Self-proclaimed conspirator Christian Spurling waited more than a half century before claiming to have helped stepfather M. A. Wetherell use a modified toy submarine to fake a “Nessie” image in 1934; he never presented a shred of corroborating evidence to support his allegations; he was suspiciously vague when asked about a second, lesser-known photo; and he even failed to identify the bay where the hoax supposedly took place.
What if Spurling had claimed to have really seen and photographed a large unknown animal? Would this level of “proof” still be acceptable? Of course not. But because he was debunking Lt. Col. R. Kenneth Wilson’s famous photo the rules are very loose indeed. His mere say-so is okay. Ronald Binns excuses lapses and contradictions in Spurling’s story by suggesting that he was an old man when he finally gave his account and “maybe just confused.” (Of course, scientific studies have shown that it is short term, not long term, memory that typically fades with age.) Worse still, Binns and other apologists are ready to blithely modify Spurling’s account whenever problems arise — “Maybe he was right about how the model was made but wrong about the dimensions,” Binns hypothesizes — until what should be consistent, definitive testimony becomes conveniently malleable.

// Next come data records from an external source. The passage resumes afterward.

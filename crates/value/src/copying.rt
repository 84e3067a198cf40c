//! Copies of assets.

ghost use Rattle.std.specs.Prelude.{◌≡◌, map, IfOk};
ghost use Rattle.value.specs.View.{token_of, policy_of};

use crate::assets::{Policy, Token};
use crate::quantity::Quantity;
use std::alloc::{AllocError, Global};

fn clone_tokens<Q: Quantity>(
    alloc: Global,
    tokens: &[Token<Q>],
) -> Result<Vec<Token<Q>>, AllocError>
    ensures { IfOk result (λ copies. map token_of copies.items ≡ map token_of tokens.now) }
{
    let mut copies = Vec::with_capacity(alloc, tokens.len())?;
    for token in tokens {
        let name = Vec::from_slice(alloc, &token.name)?;
        copies.push(Token {
            name,
            quantity: token.quantity,
        })?;
    }
    Ok(copies)
}

/// Copies of the policies with all that is in them.
pub fn clone_policies<Q: Quantity>(
    alloc: Global,
    policies: &[Policy<Q>],
) -> Result<Vec<Policy<Q>>, AllocError>
    ensures { IfOk result (λ copies. map policy_of copies.items ≡ map policy_of policies.now) }
{
    let mut copies = Vec::with_capacity(alloc, policies.len())?;
    for policy in policies {
        let tokens = clone_tokens(alloc, &policy.tokens)?;
        copies.push(Policy {
            id: policy.id,
            tokens,
        })?;
    }
    Ok(copies)
}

Spurling’s supporters allow no such excuses for Col. Wilson, who denied on occasion late in life that he ever photographed a Loch Ness monster; not allowing that this was likely his way of getting rid of pesky reporters. (In fact, Wilson stuck by his original story when interviewed in the 1960s by Member of Parliament Sir David James.)
Nickell calls Binns’ The Loch Ness Mystery Solved “the definitive skeptical book on the subject.” That honor should go to Steuart Campbell’s The Loch Ness Monster (Aquarian Press, 1986). Campbell is the best and most thorough of the Nessie debunkers — therefore it is highly significant that he too rejects Spurling’s toy submarine story. In a letter to the CSICOP magazine Skeptical Inquirer (“Nessie ‘model’ explanation suspect,” March/April 1995), Campbell notes: “In their eagerness to undermine paranormal claims, writers in SI exhibit a tendency to accept any normal explanation, whether or not there is adequate evidence.”
How true. There have certainly been many hoaxes at Loch Ness, and we must all remain vigilant against bunkum. But rationality demands that we have one stringent standard of evidence for proponent and debunker alike, and that we never abandon a healthy skepticism to embrace stories as flimsy and unsubstantiated as the one told by the late Christian Spurling.